◆ Assignment:
Your task is to copy each line of the material that holds the word "hidden".

◆ Stored data:
• • •

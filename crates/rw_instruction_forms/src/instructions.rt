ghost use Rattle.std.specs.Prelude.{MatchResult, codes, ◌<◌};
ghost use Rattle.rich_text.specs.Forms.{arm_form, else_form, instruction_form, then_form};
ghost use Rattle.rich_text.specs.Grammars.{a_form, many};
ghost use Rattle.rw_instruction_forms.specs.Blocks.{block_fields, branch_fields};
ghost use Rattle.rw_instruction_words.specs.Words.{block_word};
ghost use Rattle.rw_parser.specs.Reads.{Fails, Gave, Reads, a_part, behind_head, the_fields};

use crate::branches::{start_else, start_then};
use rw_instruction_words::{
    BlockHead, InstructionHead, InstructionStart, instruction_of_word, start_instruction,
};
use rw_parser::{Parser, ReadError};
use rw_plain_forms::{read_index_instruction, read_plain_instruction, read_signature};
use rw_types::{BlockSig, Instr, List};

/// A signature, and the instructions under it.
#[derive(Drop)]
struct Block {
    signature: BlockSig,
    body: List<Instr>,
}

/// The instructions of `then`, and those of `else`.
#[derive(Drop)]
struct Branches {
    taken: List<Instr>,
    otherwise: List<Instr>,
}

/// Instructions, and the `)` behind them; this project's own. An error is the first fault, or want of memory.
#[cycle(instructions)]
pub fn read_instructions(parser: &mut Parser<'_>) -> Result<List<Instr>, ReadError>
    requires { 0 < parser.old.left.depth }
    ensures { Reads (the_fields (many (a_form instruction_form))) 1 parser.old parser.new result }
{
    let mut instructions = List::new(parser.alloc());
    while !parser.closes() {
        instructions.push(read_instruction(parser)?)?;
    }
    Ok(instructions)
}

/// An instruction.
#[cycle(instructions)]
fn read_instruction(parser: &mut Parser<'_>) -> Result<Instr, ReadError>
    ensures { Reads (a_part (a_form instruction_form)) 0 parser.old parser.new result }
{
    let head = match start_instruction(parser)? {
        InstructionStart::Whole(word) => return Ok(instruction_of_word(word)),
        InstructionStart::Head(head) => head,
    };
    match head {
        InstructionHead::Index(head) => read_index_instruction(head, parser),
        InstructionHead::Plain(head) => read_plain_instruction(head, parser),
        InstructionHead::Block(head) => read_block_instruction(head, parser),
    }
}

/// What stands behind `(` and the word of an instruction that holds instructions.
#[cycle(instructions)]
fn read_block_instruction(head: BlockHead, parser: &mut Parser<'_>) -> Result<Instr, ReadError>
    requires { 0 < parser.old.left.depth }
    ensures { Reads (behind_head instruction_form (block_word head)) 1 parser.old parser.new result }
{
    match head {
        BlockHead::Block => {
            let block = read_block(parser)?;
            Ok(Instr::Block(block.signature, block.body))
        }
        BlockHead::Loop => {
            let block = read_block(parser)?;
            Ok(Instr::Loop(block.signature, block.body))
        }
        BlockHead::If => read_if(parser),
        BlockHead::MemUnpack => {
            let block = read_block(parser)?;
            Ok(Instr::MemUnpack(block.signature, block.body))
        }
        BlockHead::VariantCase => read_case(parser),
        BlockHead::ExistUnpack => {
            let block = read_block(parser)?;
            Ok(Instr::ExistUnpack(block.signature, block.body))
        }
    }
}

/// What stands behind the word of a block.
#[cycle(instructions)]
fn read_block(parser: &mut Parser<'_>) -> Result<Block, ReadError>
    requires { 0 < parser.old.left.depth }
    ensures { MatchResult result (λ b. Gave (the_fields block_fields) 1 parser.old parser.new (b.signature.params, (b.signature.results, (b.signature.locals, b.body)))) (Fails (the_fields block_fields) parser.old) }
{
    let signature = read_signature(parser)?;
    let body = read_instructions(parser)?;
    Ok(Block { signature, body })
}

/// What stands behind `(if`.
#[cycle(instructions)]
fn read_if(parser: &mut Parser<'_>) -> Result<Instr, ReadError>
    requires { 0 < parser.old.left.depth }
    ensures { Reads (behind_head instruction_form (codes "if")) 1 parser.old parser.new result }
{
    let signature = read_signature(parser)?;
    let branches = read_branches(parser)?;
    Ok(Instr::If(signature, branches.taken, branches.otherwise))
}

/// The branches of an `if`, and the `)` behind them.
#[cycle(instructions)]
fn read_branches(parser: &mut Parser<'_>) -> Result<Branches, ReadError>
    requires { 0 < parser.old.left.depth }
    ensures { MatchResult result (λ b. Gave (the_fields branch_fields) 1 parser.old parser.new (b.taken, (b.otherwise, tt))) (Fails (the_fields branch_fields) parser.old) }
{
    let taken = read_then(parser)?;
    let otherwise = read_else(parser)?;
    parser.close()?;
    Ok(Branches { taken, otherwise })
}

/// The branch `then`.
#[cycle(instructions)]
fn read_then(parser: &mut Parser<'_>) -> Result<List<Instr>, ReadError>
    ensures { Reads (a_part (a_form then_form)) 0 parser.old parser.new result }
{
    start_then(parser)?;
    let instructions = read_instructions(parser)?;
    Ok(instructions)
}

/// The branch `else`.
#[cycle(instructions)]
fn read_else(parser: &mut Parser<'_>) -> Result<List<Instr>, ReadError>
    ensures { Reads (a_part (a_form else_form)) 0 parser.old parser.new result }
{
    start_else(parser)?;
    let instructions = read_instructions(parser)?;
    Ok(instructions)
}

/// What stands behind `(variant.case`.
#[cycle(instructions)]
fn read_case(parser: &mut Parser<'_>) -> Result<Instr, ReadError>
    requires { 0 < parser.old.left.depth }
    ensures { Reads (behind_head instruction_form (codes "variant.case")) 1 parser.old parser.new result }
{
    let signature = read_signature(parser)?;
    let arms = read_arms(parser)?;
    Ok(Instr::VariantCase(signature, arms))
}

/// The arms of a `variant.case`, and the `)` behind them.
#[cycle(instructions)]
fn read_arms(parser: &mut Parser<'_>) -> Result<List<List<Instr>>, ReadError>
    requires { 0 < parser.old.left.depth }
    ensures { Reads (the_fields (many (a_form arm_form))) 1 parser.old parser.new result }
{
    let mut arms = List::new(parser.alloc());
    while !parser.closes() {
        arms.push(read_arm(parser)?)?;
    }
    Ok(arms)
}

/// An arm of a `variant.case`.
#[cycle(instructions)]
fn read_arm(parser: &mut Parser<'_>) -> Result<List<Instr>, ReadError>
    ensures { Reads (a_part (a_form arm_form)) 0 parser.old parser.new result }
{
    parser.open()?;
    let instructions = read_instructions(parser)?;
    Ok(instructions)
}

• • •

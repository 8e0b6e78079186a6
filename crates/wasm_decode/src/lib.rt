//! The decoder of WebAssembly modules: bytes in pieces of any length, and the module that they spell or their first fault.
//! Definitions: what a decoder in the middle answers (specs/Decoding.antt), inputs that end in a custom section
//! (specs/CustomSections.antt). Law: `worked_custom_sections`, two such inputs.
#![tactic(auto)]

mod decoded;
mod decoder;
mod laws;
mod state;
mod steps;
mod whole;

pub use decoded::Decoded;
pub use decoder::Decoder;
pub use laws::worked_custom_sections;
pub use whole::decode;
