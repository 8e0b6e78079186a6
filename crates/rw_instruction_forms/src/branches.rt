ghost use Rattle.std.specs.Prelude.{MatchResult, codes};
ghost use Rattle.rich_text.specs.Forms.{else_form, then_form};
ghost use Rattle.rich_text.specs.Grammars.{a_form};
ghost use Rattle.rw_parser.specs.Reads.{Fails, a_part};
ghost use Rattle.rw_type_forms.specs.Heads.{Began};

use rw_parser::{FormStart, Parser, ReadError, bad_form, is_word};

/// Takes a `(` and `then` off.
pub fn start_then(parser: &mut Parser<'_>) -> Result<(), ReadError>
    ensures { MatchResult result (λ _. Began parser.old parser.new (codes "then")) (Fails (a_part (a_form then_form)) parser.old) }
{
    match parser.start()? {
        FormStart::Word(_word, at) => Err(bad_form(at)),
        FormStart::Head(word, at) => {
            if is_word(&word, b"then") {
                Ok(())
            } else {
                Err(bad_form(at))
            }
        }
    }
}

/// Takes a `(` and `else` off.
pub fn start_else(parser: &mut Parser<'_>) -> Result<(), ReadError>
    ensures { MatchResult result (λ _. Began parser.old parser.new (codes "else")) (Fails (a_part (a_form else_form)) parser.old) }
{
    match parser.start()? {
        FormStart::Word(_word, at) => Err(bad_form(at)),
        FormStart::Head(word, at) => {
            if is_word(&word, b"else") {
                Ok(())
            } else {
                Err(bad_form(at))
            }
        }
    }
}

• • •

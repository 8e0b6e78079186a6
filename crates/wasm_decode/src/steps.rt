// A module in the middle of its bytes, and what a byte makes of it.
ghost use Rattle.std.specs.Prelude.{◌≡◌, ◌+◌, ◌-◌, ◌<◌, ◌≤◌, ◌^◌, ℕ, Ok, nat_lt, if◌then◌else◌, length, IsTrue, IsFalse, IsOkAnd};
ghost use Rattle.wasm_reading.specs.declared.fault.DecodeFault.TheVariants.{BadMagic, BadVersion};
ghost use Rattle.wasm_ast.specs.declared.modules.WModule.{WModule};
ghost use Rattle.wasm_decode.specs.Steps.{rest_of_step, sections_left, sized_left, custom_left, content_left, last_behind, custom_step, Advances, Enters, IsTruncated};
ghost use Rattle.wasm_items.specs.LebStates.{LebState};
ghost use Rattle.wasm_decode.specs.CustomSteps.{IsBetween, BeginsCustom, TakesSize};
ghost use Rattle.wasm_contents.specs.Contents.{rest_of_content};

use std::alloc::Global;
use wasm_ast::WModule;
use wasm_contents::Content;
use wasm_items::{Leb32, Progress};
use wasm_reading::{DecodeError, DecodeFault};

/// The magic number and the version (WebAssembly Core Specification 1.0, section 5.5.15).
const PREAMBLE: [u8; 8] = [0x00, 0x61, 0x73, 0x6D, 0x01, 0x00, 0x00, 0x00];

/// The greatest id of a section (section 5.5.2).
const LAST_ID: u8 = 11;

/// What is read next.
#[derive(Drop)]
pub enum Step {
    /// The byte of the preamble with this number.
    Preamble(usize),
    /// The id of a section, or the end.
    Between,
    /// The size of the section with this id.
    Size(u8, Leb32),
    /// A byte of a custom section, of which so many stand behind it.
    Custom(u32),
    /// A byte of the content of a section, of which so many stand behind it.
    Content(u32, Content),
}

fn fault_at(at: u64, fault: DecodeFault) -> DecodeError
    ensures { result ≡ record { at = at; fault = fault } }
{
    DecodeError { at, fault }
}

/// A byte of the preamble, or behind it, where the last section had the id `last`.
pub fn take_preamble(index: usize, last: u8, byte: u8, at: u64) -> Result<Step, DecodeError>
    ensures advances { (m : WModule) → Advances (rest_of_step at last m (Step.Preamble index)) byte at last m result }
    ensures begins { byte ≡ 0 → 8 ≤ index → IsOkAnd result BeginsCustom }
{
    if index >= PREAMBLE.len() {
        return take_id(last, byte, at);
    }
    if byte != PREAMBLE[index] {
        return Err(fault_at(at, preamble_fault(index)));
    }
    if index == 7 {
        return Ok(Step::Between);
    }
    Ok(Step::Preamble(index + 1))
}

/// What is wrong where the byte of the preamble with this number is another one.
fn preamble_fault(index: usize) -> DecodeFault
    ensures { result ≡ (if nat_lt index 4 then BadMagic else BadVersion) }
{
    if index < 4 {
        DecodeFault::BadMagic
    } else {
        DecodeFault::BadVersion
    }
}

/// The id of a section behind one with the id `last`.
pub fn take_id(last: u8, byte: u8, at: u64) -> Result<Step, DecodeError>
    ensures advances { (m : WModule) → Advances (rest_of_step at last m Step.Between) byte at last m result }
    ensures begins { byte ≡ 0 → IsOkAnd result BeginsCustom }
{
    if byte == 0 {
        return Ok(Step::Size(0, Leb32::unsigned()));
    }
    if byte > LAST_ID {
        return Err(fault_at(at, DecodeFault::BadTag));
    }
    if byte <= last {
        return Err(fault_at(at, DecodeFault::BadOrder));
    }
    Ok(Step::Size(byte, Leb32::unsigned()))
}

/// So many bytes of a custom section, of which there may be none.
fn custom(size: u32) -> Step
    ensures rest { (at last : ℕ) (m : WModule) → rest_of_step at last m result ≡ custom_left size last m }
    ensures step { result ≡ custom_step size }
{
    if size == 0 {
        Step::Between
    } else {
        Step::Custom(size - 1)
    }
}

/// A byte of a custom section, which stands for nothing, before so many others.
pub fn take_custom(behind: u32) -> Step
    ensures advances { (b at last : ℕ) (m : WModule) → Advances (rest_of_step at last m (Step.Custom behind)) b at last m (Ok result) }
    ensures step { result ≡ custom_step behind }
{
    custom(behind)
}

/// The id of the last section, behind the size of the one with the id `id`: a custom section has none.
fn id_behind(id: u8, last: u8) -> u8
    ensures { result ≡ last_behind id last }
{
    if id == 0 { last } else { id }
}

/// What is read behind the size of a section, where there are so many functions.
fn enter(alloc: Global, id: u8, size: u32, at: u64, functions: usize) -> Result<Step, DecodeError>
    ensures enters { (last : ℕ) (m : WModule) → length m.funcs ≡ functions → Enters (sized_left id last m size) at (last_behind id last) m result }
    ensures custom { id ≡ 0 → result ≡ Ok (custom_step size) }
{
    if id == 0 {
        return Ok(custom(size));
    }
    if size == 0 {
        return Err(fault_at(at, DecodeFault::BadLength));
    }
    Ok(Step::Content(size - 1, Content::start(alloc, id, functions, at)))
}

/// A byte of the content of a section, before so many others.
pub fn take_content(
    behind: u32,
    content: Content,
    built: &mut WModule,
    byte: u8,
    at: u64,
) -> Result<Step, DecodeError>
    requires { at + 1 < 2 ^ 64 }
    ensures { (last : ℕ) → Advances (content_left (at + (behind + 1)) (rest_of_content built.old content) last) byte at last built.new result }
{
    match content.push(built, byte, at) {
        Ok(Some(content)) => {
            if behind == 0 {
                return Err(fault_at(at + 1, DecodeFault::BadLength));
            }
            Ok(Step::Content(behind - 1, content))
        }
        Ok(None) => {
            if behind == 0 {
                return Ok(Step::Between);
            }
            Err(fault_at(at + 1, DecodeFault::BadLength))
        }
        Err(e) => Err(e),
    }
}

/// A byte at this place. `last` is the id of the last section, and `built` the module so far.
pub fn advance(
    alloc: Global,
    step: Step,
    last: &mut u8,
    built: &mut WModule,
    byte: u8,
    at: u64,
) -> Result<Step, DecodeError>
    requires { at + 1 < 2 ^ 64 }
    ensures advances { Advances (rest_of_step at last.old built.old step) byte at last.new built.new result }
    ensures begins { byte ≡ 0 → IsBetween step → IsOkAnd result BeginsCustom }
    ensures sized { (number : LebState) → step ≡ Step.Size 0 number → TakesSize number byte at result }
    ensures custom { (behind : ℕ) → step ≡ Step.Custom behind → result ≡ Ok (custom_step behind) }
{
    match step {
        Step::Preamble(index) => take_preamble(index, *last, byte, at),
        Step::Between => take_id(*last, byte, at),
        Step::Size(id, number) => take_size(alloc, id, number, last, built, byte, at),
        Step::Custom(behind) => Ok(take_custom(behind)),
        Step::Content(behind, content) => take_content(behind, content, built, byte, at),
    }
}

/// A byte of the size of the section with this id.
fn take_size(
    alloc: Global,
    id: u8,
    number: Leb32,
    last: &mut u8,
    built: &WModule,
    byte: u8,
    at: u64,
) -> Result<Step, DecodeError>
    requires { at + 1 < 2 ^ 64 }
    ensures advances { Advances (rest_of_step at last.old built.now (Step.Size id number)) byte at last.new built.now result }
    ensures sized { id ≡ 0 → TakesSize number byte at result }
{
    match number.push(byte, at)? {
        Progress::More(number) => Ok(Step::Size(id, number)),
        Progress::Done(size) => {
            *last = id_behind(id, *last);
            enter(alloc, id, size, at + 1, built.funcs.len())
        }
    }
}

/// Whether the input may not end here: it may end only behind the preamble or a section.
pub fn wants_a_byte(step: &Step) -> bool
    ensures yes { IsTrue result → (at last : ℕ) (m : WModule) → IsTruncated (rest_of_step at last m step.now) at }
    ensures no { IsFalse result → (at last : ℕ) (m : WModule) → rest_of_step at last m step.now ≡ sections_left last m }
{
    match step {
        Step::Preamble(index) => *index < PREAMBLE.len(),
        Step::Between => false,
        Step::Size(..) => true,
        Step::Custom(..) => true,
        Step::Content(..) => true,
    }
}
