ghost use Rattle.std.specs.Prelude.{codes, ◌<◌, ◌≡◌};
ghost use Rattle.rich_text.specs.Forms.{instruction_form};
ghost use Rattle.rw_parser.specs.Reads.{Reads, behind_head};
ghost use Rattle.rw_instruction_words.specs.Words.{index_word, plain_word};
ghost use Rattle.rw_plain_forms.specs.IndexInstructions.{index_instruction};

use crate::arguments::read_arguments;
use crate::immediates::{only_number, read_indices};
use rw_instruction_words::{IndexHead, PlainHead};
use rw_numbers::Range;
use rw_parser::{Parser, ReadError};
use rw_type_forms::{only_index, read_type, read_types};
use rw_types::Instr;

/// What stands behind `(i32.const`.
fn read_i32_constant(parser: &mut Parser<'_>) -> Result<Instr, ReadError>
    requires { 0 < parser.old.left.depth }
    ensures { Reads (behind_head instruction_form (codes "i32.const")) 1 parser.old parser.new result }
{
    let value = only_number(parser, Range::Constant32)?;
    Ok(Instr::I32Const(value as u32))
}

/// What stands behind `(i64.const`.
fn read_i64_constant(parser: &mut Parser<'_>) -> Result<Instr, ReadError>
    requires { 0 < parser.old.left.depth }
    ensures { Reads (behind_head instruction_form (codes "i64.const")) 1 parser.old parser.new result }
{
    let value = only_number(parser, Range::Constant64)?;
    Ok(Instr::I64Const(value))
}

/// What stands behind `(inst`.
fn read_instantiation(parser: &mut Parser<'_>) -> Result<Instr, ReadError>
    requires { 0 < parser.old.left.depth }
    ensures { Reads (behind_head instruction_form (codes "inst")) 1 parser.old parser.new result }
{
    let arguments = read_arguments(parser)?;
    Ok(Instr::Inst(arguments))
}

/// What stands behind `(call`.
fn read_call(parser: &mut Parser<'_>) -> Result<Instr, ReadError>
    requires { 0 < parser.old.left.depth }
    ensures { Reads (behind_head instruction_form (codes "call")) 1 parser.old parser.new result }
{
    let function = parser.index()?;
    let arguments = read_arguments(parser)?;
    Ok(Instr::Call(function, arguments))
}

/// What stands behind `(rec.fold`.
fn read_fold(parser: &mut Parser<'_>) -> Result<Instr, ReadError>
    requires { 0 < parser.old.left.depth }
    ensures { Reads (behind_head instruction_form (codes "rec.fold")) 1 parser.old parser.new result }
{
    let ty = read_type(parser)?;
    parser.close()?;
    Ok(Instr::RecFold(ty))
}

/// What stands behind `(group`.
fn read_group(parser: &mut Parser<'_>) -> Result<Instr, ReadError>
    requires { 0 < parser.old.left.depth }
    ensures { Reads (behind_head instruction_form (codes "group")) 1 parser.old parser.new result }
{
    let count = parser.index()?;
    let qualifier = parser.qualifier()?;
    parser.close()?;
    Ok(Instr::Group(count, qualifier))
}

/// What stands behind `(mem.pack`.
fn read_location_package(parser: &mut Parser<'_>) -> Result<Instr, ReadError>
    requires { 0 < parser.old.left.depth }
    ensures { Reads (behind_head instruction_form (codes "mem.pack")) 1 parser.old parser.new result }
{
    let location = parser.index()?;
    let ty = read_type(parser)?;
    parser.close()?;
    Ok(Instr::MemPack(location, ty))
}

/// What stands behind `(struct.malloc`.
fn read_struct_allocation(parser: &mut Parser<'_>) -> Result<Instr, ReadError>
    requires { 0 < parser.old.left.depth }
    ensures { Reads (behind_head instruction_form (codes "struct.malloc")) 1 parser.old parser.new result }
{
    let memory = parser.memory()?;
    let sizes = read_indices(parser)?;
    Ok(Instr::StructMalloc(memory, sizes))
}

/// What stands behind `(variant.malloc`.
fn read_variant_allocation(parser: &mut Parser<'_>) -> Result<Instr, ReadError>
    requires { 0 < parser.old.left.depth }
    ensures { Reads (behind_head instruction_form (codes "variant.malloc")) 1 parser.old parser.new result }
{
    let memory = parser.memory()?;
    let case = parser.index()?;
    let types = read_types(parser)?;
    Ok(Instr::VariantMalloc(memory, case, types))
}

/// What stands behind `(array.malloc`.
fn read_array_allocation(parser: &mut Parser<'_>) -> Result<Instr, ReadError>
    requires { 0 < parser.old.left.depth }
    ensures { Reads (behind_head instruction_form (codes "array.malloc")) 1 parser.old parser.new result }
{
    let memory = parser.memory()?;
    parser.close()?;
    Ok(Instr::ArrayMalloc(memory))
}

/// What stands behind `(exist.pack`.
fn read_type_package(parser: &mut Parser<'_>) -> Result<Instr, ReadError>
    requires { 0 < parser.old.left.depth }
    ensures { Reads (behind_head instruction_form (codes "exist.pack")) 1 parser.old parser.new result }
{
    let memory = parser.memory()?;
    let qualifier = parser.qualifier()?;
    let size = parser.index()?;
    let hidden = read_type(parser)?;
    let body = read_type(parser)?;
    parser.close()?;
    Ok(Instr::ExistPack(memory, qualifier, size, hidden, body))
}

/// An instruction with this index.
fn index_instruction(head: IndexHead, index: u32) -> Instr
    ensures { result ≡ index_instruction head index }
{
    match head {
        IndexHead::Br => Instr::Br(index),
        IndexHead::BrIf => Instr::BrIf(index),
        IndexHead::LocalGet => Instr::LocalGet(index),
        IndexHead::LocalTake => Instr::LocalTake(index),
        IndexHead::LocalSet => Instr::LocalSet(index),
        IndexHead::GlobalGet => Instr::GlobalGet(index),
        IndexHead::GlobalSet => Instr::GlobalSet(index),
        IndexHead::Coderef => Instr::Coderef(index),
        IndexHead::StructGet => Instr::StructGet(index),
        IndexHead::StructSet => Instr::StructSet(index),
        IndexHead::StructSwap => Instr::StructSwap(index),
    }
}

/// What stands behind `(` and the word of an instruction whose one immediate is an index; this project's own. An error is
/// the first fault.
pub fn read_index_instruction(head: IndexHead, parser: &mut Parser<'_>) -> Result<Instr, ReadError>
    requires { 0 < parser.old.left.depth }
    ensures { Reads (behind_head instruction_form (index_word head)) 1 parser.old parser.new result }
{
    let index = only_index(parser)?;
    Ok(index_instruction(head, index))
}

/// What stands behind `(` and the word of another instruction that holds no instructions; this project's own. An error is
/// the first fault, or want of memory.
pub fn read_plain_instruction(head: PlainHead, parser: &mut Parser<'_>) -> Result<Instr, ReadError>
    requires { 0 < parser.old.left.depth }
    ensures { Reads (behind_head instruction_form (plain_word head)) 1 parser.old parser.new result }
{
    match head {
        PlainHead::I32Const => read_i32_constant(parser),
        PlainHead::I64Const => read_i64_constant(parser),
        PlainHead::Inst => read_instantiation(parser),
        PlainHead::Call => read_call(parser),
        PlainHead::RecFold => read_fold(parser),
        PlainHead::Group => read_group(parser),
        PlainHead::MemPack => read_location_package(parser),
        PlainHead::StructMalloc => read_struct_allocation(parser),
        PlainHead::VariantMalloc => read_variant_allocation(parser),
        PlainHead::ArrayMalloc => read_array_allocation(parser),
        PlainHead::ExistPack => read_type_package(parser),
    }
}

• • •

◆ Expected output:
    let hidden = read_type(parser)?;
    Ok(Instr::ExistPack(memory, qualifier, size, hidden, body))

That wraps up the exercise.